◆ What you should do
Counting task for the entries below: give the number of lines that contain the word "share", with no other text.

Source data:
════
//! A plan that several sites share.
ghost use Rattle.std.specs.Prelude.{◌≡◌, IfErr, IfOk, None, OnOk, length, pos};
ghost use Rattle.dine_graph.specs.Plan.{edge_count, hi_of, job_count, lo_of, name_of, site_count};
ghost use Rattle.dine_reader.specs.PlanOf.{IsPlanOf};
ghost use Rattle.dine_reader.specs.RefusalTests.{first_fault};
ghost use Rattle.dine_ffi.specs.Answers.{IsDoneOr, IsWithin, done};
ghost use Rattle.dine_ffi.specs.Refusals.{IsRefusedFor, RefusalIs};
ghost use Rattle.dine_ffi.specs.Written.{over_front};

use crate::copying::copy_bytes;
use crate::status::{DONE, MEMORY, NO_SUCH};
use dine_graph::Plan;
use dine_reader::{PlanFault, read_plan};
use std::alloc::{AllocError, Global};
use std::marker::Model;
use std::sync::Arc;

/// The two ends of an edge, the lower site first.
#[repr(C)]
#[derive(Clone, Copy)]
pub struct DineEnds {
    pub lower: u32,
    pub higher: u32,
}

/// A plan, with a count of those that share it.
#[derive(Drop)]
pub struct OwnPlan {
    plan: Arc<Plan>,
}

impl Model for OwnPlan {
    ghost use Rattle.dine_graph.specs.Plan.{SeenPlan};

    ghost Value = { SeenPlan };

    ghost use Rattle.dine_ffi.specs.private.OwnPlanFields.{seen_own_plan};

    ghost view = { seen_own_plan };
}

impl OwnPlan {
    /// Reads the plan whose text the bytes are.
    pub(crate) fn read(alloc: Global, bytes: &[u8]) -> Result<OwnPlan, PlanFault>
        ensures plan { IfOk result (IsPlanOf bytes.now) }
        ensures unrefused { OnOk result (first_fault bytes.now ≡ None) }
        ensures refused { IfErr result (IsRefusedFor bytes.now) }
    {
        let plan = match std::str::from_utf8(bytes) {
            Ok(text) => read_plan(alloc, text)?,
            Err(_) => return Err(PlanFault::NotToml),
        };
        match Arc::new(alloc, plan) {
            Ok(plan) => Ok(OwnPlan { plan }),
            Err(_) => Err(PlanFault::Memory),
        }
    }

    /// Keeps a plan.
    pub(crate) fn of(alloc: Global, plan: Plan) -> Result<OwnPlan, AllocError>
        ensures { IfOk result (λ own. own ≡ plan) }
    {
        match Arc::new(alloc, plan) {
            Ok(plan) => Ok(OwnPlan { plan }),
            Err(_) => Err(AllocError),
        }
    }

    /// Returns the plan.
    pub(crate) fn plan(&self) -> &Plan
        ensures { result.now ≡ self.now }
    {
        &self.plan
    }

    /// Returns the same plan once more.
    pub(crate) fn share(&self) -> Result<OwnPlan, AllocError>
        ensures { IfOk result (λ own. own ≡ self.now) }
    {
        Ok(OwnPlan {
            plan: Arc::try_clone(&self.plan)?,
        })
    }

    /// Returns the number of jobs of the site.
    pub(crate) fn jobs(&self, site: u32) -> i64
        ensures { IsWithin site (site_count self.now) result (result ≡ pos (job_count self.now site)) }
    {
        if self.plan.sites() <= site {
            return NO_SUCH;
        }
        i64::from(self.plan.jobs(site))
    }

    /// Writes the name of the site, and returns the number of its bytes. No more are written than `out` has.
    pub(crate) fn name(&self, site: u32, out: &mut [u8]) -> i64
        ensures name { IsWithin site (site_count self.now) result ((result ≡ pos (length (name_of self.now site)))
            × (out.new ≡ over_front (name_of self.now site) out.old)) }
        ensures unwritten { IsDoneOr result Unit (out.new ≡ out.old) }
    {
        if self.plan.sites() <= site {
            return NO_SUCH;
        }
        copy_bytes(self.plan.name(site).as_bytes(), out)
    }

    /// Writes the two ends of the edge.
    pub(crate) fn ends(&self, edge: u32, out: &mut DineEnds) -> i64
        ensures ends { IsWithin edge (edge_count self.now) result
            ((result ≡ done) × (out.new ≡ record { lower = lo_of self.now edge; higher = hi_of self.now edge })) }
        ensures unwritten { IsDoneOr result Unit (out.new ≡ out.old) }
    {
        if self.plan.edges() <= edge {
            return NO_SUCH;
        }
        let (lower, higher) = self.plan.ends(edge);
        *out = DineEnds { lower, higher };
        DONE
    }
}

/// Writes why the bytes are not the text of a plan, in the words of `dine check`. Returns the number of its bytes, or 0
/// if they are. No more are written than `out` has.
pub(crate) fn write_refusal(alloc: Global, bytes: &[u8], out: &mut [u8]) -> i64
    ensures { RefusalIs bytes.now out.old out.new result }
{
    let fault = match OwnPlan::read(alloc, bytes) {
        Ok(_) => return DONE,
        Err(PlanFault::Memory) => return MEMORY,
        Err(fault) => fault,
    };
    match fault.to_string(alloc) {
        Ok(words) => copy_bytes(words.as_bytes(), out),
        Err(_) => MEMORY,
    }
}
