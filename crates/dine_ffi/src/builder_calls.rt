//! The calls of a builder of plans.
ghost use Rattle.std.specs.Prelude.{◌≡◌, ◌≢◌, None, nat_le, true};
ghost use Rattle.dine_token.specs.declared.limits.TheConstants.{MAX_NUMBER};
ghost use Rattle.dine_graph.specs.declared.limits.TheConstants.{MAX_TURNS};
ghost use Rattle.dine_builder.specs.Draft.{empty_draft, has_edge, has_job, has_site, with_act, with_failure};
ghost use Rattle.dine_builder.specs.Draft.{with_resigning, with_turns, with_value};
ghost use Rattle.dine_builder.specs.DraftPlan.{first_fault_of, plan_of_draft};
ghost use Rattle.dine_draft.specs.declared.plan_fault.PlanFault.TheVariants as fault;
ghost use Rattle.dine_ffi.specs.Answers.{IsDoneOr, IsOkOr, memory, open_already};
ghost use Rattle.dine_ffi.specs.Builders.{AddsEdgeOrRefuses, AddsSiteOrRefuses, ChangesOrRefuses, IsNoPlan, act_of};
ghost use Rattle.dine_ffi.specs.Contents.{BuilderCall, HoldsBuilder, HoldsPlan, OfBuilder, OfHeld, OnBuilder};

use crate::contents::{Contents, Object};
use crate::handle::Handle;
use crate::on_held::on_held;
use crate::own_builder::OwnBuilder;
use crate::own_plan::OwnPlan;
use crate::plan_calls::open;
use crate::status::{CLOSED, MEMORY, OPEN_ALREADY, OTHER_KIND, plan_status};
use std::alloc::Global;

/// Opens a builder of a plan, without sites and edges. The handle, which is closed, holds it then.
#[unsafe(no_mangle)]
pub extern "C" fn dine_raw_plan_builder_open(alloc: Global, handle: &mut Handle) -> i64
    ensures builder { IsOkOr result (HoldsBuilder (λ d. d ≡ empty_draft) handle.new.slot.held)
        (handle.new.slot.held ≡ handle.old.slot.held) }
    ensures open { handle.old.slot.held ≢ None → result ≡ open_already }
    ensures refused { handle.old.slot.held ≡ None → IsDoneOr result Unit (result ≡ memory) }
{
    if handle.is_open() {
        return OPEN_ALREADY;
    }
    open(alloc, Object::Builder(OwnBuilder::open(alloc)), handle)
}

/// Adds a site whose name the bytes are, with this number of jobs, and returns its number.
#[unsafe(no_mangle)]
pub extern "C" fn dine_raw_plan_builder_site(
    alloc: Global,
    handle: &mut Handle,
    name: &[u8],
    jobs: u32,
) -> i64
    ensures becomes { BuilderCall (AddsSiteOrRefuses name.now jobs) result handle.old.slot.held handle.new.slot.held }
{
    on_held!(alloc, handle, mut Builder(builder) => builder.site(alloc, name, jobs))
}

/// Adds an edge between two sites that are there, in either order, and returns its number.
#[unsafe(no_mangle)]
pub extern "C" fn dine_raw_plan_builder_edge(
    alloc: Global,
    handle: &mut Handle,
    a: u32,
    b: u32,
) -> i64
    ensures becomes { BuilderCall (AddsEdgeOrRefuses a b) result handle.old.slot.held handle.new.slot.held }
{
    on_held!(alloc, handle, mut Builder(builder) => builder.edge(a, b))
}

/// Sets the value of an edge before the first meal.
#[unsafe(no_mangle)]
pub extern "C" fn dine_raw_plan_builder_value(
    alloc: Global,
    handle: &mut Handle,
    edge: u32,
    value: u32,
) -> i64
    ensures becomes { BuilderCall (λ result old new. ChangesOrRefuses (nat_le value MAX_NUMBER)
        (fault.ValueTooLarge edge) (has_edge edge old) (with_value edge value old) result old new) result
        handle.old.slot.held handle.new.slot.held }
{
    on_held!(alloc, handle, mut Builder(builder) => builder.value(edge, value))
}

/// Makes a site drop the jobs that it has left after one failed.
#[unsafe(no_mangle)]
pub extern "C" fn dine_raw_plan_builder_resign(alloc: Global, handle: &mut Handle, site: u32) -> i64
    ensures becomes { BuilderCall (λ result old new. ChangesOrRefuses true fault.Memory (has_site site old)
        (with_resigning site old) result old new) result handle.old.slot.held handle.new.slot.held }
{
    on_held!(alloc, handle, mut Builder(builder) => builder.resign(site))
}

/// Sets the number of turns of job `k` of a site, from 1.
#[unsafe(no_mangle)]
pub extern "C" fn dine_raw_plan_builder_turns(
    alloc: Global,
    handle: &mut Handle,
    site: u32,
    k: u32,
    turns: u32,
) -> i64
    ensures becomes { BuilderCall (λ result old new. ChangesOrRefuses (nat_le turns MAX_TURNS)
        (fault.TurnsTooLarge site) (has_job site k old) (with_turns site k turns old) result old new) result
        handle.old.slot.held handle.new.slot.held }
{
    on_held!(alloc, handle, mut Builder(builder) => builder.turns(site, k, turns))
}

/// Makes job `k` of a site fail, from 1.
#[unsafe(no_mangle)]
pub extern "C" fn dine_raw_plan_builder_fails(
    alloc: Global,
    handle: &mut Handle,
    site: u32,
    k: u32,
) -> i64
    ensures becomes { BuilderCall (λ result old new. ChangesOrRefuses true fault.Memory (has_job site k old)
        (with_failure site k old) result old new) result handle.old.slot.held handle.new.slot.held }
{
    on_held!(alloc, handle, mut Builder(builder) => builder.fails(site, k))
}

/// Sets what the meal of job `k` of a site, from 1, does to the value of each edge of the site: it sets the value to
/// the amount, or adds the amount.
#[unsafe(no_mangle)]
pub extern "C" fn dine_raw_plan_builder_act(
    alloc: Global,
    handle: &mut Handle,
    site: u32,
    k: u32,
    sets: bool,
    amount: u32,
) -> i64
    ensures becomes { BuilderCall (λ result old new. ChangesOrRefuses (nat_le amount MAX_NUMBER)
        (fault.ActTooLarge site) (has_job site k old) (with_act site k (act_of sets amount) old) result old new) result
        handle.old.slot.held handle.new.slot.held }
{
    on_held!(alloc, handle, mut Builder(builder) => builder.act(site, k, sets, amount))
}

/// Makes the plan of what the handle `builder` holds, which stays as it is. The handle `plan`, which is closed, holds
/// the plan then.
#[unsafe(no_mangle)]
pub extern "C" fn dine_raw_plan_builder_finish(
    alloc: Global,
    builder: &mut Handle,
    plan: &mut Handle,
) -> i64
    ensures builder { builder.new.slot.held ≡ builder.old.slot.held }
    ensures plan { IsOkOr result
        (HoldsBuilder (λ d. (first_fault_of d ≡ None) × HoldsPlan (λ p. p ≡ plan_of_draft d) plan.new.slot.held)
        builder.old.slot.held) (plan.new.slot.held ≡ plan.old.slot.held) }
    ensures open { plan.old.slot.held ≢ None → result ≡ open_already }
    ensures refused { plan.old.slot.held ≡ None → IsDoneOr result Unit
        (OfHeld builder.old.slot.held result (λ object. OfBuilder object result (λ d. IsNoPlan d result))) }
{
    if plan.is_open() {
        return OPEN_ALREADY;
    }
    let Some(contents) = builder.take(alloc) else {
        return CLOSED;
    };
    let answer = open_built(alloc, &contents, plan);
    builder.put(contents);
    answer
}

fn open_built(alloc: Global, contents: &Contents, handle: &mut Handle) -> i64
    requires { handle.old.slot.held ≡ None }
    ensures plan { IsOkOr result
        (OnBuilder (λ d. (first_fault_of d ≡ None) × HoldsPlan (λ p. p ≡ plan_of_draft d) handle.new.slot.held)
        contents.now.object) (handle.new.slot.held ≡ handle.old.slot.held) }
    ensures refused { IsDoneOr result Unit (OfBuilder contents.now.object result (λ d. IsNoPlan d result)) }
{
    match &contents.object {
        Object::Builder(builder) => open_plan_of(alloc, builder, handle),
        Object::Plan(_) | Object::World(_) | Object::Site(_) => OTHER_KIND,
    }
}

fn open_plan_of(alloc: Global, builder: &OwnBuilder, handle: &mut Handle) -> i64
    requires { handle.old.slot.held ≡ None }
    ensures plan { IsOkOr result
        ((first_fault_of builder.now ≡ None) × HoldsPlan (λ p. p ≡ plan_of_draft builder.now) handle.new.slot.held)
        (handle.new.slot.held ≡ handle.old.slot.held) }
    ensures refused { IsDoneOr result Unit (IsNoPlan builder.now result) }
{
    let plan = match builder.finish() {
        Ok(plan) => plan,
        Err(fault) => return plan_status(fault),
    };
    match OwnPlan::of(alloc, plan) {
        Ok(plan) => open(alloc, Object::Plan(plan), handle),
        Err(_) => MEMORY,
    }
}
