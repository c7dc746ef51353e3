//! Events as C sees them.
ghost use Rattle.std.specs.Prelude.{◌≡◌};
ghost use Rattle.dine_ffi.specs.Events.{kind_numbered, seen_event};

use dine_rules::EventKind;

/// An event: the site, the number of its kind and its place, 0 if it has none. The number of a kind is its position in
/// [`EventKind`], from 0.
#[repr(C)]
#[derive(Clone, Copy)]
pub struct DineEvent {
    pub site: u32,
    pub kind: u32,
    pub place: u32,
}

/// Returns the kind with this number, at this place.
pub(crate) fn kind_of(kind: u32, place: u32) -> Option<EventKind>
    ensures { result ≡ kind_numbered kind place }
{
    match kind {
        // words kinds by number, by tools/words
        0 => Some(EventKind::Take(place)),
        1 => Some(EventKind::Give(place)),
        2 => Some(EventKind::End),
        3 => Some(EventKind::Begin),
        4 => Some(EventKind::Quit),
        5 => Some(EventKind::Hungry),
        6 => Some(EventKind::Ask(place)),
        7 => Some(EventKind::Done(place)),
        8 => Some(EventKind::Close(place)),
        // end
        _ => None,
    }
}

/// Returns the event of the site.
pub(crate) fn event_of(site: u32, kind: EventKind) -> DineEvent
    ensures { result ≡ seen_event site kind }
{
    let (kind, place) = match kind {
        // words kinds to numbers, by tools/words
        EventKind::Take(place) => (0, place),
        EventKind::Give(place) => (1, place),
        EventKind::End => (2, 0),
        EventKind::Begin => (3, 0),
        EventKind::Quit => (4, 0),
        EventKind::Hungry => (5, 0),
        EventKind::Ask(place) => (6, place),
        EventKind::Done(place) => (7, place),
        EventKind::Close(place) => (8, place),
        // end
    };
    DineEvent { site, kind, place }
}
════
◆ Task answer
3